• **RECORDED DATA**
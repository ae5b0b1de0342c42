//! Text in XML.

ghost use Rattle.std.specs.Prelude.{◌≡◌, ◌++◌, OnOk, chars, flat_map, option_map, string_bytes};
ghost use Rattle.cli_reports.specs.Xml.{is_barred as is_barred_code, markup_of, xml_of};

use std::alloc::AllocError;

/// Appends a text between tags or between quotation marks. A character that XML does not allow, and a control character
/// except tab and line feed, are replaced by U+FFFD.
pub fn push_text(xml: &mut String, text: &str) -> Result<(), AllocError>
    ensures { OnOk result (string_bytes xml.new ≡ string_bytes xml.old ++ flat_map xml_of (chars text.now)) }
{
    for character in text.chars() {
        push_character(xml, character)?;
    }
    Ok(())
}

fn push_character(xml: &mut String, character: char) -> Result<(), AllocError>
    ensures { OnOk result (string_bytes xml.new ≡ string_bytes xml.old ++ xml_of character) }
{
    if is_barred(character) {
        return xml.push('\u{fffd}');
    }
    match markup(character) {
        Some(reference) => xml.push_str(reference),
        None => xml.push(character),
    }
}

fn is_barred(character: char) -> bool
    ensures { result ≡ is_barred_code character }
{
    let code = u32::from(character);
    code < 9
        || (10 < code && code < 32)
        || (126 < code && code < 160)
        || code == 0xfffe
        || code == 0xffff
}

// Returns the reference to a character that could be markup.
fn markup(character: char) -> Option<&'static str>
    ensures { option_map (λ reference. reference.now) result ≡ markup_of character }
{
    match character {
        '<' => Some("&lt;"),
        '>' => Some("&gt;"),
        '&' => Some("&amp;"),
        '"' => Some("&quot;"),
        _ => None,
    }
}
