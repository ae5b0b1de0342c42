//! `hsms audit --format` and `hsms capture --format`: reports on logs and captures, for programs.
//!
//! A [`LogReport`] audits logs one after another. In JSON it writes an object for each log at once. As XML of JUnit it
//! writes the test cases of all logs at the end, with what `hsms explain` shows of the first failure of each:
//!
//! ```
//! let mut report = LogReport::new(alloc, ReportForm::Junit, false);
//! report.audit(alloc, "session.log", input, &mut sink)?;
//! report.finish(alloc, &mut sink)?;
//! let status = report.status();
//! ```
//!
//! [`ObjectLines`] takes the lines of `hsms capture`, and writes an object for each.
#![tactic(auto)]

mod connection_object;
mod json_object;
mod object_audit;
mod object_lines;
mod report;
mod test_case;
mod xml_text;

pub use json_object::{log_object, unopened_object};
pub use object_audit::write_object;
pub use object_lines::ObjectLines;
pub use report::LogReport;
pub use xml_text::push_text;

• **GOAL OF THE EXERCISE**
The lines from the one containing "mod test_case;" through the last line of the records are the answer; set them down exactly and add nothing.

• **RESPONSE TO THE EXERCISE**
mod test_case;
mod xml_text;

pub use json_object::{log_object, unopened_object};
pub use object_audit::write_object;
pub use object_lines::ObjectLines;
pub use report::LogReport;
pub use xml_text::push_text;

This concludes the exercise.